MIAMI-Despite reports heralding a shrinking inventory of distressed commercial real estate property, there is still plenty to clean up. Now, a new joint venture is entering the fray to acquire and turn around distressed multifamily properties across the country.

First Market Properties, a real estate investment firm specializing in distressed property, and Newport Property Ventures, a real estate management and construction firm with experience stabilizing and restoring troubled residential developments, have been working together for the past year. First Market acquired several garden apartment complex mortgages at deep discounts and Newport has been managing them. The companies are taking it to the next level.

“Our firms have similar objectives and take a similar approach to the multifamily marketplace, and our working experience with Newport instills confidence that this will be a highly beneficial alliance for both companies,” says Aaron Kurlansky, senior vice president of FMP. “This formalized relationship will enable FMP to expand its geographic sphere of operations more quickly, to take advantage of emerging opportunities.”

Plans are to acquire some properties for short-term stabilization while others will be held for longer periods. Each case will be determined by its own set of variables. Kurlansy is confident that the firms have a competitive edge in evaluating collateral, closing quickly and working to maximize the value of assets.

The company has completed two deals in Phoenix and one in Houston in the past few weeks. The typical strategy is to take possession by deed in lieu of foreclosure. The firm also buys mortgage  portfolios, as well as bank REO properties.

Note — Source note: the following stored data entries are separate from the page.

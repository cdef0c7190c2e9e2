//! What is due, begun, or kept for later, and the bytes that a run has put out.
ghost use Rattle.std.specs.Prelude.{◌≡◌, IfOk};

use crate::parts::{Due, KeptToken, OpenText};
use std::alloc::AllocError;
use tx_bytes::Bytes;
use tx_char::Token;
use tx_list::{Stack, both, share_option};

/// The small parts of a state.
pub struct SmallParts {
    /// The next piece first.
    pub due: Stack<Due>,
    /// The text that is being taken, if one is.
    pub text: Option<OpenText>,
    /// What \aftergroup keeps, the last first.
    pub after_groups: Stack<KeptToken>,
    /// What \afterassignment keeps.
    pub after_assignment: Option<Token>,
    /// The numbers of the fonts that the pages define.
    pub defined: Bytes,
    /// The bytes of the transcript that are still to be taken.
    pub said: Bytes,
}

// (by hand, so that crates above call this and don't prove again how each part is dropped)
impl Drop for SmallParts {
    fn drop(self) {
        let SmallParts {
            due: _,
            text: _,
            after_groups: _,
            after_assignment: _,
            defined: _,
            said: _,
        } = self;
    }
}

/// A copy of what is due. Its only error is want of memory.
fn share_due(due: &Stack<Due>) -> Result<Stack<Due>, AllocError>
    ensures { IfOk result (λ shared. shared ≡ due.now) }
{
    due.share()
}

impl SmallParts {
    /// Copies of these parts. Its only error is want of memory.
    pub fn share(
        due: &Stack<Due>,
        text: &Option<OpenText>,
        after_groups: &Stack<KeptToken>,
        after_assignment: &Option<Token>,
        defined: &Bytes,
        said: &Bytes,
    ) -> Result<SmallParts, AllocError>
        ensures due { IfOk result (λ twin. twin.due ≡ due.now) }
        ensures text { IfOk result (λ twin. twin.text ≡ text.now) }
        ensures after_groups { IfOk result (λ twin. twin.after_groups ≡ after_groups.now) }
        ensures after_assignment { IfOk result (λ twin. twin.after_assignment ≡ after_assignment.now) }
        ensures defined { IfOk result (λ twin. twin.defined ≡ defined.now) }
        ensures said { IfOk result (λ twin. twin.said ≡ said.now) }
    {
        let begun = both(share_due(due), share_option(text));
        let tokens = both(after_groups.share(), share_option(after_assignment));
        let bytes = both(defined.clone(), said.clone());
        let ((begun, tokens), (defined, said)) = both(both(begun, tokens), bytes)?;
        let (due, text) = begun;
        let (after_groups, after_assignment) = tokens;
        Ok(SmallParts {
            due,
            text,
            after_groups,
            after_assignment,
            defined,
            said,
        })
    }

    /// Each part by itself.
    pub fn into_parts(
        self,
    ) -> (
        (Stack<Due>, Option<OpenText>),
        ((Stack<KeptToken>, Option<Token>), (Bytes, Bytes)),
    )
        ensures { result ≡ ((self.due, self.text), ((self.after_groups, self.after_assignment), (self.defined, self.said))) }
    {
        let SmallParts {
            due,
            text,
            after_groups,
            after_assignment,
            defined,
            said,
        } = self;
        (
            (due, text),
            ((after_groups, after_assignment), (defined, said)),
        )
    }
}
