//! The parts of a command, token by token (TeX: The Program, part 46 on).
ghost use Rattle.std.specs.Prelude.{◌≡◌, ◌∷◌, [], IfOk, IfSome};
ghost use Rattle.tx_seen.specs.declared.item.Item.TheVariants.{Took};
ghost use Rattle.tx_seen.specs.Readings.{More};
ghost use Rattle.tx_scan.specs.Rests.{IsFedBy, IsGivenBehind};
ghost use Rattle.tx_scan.specs.Supplied.{NeedsNoMore, NeedsFewer};
ghost use Rattle.tx_assign.specs.Assignments.{assignment};
ghost use Rattle.tx_command.specs.Commands as commands;
ghost use Rattle.tx_command.specs.Rests.{command_rest, held, more_needed, told, Begins, BeginsVariable, GoesOn, IsBegunBy, IsNoName, IsOn, IsPart, IsWaiting};

use crate::mapping::{
    assigned, defined, font_defined, future_defined, led, loaded, macro_defined, put_shaped,
    put_whole, ruled, shaped, sized,
};
use crate::standing::{is_assignment, may_be_prefixed, standing_in};
use std::alloc::AllocError;
use tx_assign::{Assigning, Assignment, Change, Variable};
use tx_char::Cat;
use tx_command::{
    Command, CommandBuffer, Head, PreamblePart, Prefixes, RowStart, Scans, SizeUse, Stage, Whole,
};
use tx_eqtb::Entry;
use tx_prim::{
    AfterKind, AlignWord, AtomPart, BreakText, CodedKind, GlueForm, GlueParameter, Indentation,
    LeadersKind, Mode, Primitive, RuleKind, Shorthand, SizeKind, Standing,
};
use tx_scan::NameScan;
use tx_seen::{Fed, Meaning, Place, Seen, TexError, Value, Want};
use tx_shape::{BoxContext, Opener, Shaping};
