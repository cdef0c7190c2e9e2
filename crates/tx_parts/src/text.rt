//! Texts that are being taken: definitions, lists of tokens, and what \message and its kin absorb (TeX: The Program, sections 473
//! to 482).
ghost use Rattle.std.specs.Prelude.{◌≡◌, IfOk, OnOk};
ghost use Rattle.tx_parts.specs.Texts as spec;
ghost use Rattle.tx_parts.specs.Texts.{IsTextFed};

use crate::parts::OpenText;
use std::alloc::{AllocError, Global};
use tx_char::Token;
use tx_prim::{DefinitionKind, TextUse};
use tx_seen::{Fed, Place, Seen, Want};
use tx_text::{DefinitionScan, TextScan};
use tx_toklist::Toks;

/// Whether the body of a definition is expanded.
fn expands_body(kind: DefinitionKind) -> bool
    ensures { result ≡ spec.expands_body kind }
{
    match kind {
        DefinitionKind::Plain | DefinitionKind::Global => false,
        DefinitionKind::Expanded | DefinitionKind::GlobalExpanded => true,
    }
}

/// Whether a definition is global by its command.
pub fn is_global(kind: DefinitionKind) -> bool
    ensures { result ≡ spec.is_global kind }
{
    match kind {
        DefinitionKind::Plain | DefinitionKind::Expanded => false,
        DefinitionKind::Global | DefinitionKind::GlobalExpanded => true,
    }
}

/// Whether a text is expanded.
fn expands_text(purpose: TextUse) -> bool
    ensures { result ≡ spec.expands_text purpose }
{
    match purpose {
        TextUse::Message | TextUse::ErrorMessage | TextUse::Special => true,
        TextUse::Patterns | TextUse::Hyphenation | TextUse::Mark => true,
        TextUse::UpperCase | TextUse::LowerCase => false,
    }
}

/// Whether what \the gives is put into a text as it stands, if the text is expanded.
fn keeps_the(purpose: TextUse) -> bool
    ensures { result ≡ spec.keeps_the purpose }
{
    match purpose {
        TextUse::Message | TextUse::ErrorMessage | TextUse::Special => true,
        TextUse::UpperCase | TextUse::LowerCase | TextUse::Mark => true,
        TextUse::Patterns | TextUse::Hyphenation => false,
    }
}

impl OpenText {
    /// The parameter text and the body of the macro that this place is to mean; nothing is taken. Takes no memory.
    pub fn definition(alloc: Global, defined: Place, kind: DefinitionKind) -> OpenText
        ensures { result ≡ spec.definition_text defined kind }
    {
        OpenText::Definition(
            defined,
            kind,
            DefinitionScan::new(alloc, expands_body(kind)),
        )
    }

    /// A text in braces of which nothing is taken. Takes no memory.
    pub fn absorbed(alloc: Global, purpose: TextUse) -> OpenText
        ensures { result ≡ spec.absorbed_text purpose }
    {
        OpenText::Absorbed(purpose, TextScan::new(alloc, expands_text(purpose)))
    }

    /// The list of tokens that is to stand at this place; its begin-group token is taken. Takes no memory.
    pub fn list(alloc: Global, place: Place) -> OpenText
        ensures { result ≡ spec.list_text place }
    {
        OpenText::List(place, TextScan::begun(alloc))
    }

    /// How the next token is wanted.
    pub fn want(&self) -> Want
        ensures { result ≡ spec.text_want self.now }
    {
        match self {
            OpenText::Definition(_, _, scan) => scan.want(),
            OpenText::Absorbed(_, scan) => scan.want(),
            OpenText::List(_, scan) => scan.want(),
        }
    }

    /// Whether what \the gives is put in as it stands.
    pub fn takes_the(&self) -> bool
        ensures { result ≡ spec.text_takes_the self.now }
    {
        match self {
            OpenText::Definition(_, _, scan) => scan.takes_the(),
            OpenText::Absorbed(purpose, scan) => keeps_the(*purpose) && scan.takes_the(),
            OpenText::List(_, scan) => scan.takes_the(),
        }
    }

    /// Takes one more token. Its only further error is want of memory.
    pub fn feed(&mut self, alloc: Global, seen: Seen) -> Result<Fed<()>, AllocError>
        ensures { IfOk result (λ fed. IsTextFed (spec.with_token self.old seen) fed self.new) }
    {
        match self {
            OpenText::Definition(_, _, scan) => scan.feed(alloc, seen),
            OpenText::Absorbed(_, scan) => scan.feed(seen),
            OpenText::List(_, scan) => scan.feed(seen),
        }
    }

    /// A token that is no brace, and stands for no #, joins the text, if that is within its braces; answers whether it did. Else
    /// nothing changes. Its only error is want of memory.
    #[inline(always)]
    pub fn join(&mut self, token: Token) -> Result<bool, AllocError>
        ensures { IfOk result (λ joined. spec.HasJoined self.old token joined self.new) }
    {
        match self {
            OpenText::Definition(_, _, scan) => scan.join(token),
            OpenText::Absorbed(_, scan) => scan.join(token),
            OpenText::List(_, scan) => scan.join(token),
        }
    }

    /// Puts tokens in that \the gives, none of which is looked at. Its only error is want of memory.
    pub fn put(&mut self, tokens: &mut Toks) -> Result<(), AllocError>
        ensures { OnOk result (self.new ≡ spec.with_given self.old tokens.old) }
    {
        match self {
            OpenText::Definition(_, _, scan) => scan.put(tokens),
            OpenText::Absorbed(_, scan) => scan.put(tokens),
            OpenText::List(_, scan) => scan.put(tokens),
        }
    }
}
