//! The table, the fonts, the lists and what is known of hyphenation: most of what a state holds.
ghost use Rattle.std.specs.Prelude.{◌≡◌, IfOk};

use std::alloc::AllocError;
use tx_box::Lists;
use tx_eqtb::Eqtb;
use tx_hyphenate::Hyphenation;
use tx_list::both;
use tx_word::Words;

/// The large parts of a state.
pub struct LargeParts {
    /// The fonts, and the word that is open.
    pub words: Words,
    pub table: Eqtb,
    /// What is known of hyphenation.
    pub hyphenation: Hyphenation,
    /// The lists that are being built, with their boxes.
    pub lists: Lists,
}

// (by hand, so that crates above call this and don't prove again how each part is dropped)
impl Drop for LargeParts {
    fn drop(self) {
        let LargeParts {
            words: _,
            table: _,
            hyphenation: _,
            lists: _,
        } = self;
    }
}

impl LargeParts {
    /// Copies of these parts, which share with them what they can. Its only error is want of memory.
    pub fn share(
        words: &Words,
        table: &Eqtb,
        hyphenation: &Hyphenation,
        lists: &Lists,
    ) -> Result<LargeParts, AllocError>
        ensures words { IfOk result (λ twin. twin.words ≡ words.now) }
        ensures table { IfOk result (λ twin. twin.table ≡ table.now) }
        ensures hyphenation { IfOk result (λ twin. twin.hyphenation ≡ hyphenation.now) }
        ensures lists { IfOk result (λ twin. twin.lists ≡ lists.now) }
    {
        let known = both(words.share(), hyphenation.share());
        let built = both(table.share(), lists.share());
        let ((words, hyphenation), (table, lists)) = both(known, built)?;
        Ok(LargeParts {
            words,
            table,
            hyphenation,
            lists,
        })
    }

    /// Each part by itself.
    pub fn into_parts(self) -> ((Words, Eqtb), (Hyphenation, Lists))
        ensures { result ≡ ((self.words, self.table), (self.hyphenation, self.lists)) }
    {
        let LargeParts {
            words,
            table,
            hyphenation,
            lists,
        } = self;
        ((words, table), (hyphenation, lists))
    }
}
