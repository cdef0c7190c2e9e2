//! The parts of TeX's state that are plain choices: what is due, which text is open, which tokens are kept.
use tx_box::Work;
use tx_bytes::Bytes;
use tx_char::Token;
use tx_prim::{DefinitionKind, TextUse};
use tx_seen::Place;
use tx_text::{DefinitionScan, TextScan};
use tx_tfm::Size;

/// A piece of work that comes before reading.
#[derive(Drop)]
pub enum Due {
    /// To ask for the main file, by its name.
    OpenMain(Bytes),
    /// The main file, or that of \input, is absent.
    FileAbsent,
    /// The innermost file has no further line and is to be closed.
    FileEnded,
    /// The main file is closed, and no \end came.
    MainClosed,
    /// To load the font of \font, whose file was asked for.
    LoadFont(FontRequest),
    /// To copy boxes, or to ship one.
    Boxes(Work),
}

/// The font that a \font wants, which isn't loaded.
#[derive(Drop)]
pub struct FontRequest {
    /// What is to mean the font, and whether in all groups.
    pub defined: Place,
    pub global: bool,
    /// The font's name, as \font was given it.
    pub name: Bytes,
    pub size: Size,
    /// The bytes of its file, once the reply has brought them.
    pub file: Option<Bytes>,
}

/// A text that is being taken, and what it is for.
#[derive(Drop)]
pub enum OpenText {
    /// The parameter text and the body of the macro that this place is to mean.
    Definition(Place, DefinitionKind, DefinitionScan),
    /// A text in braces.
    Absorbed(TextUse, TextScan),
    /// The list of tokens that is to stand at this place.
    List(Place, TextScan),
}

/// A token that \aftergroup keeps.
#[derive(Drop)]
pub struct KeptToken {
    /// How many groups were open then.
    pub groups: usize,
    pub token: Token,
}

“The recession, combined with overleveraging, made an indelible mark on the multifamily industry, leaving countless quality, well-situated properties unable to service debt and keep up necessary maintenance, much less to make improvements to stay competitive,” says Stuart Zook, COO of Newport. “Such properties now represent promising opportunities for a joint venture like ours, which combines astute investment underwriting and proven restorative management skills.”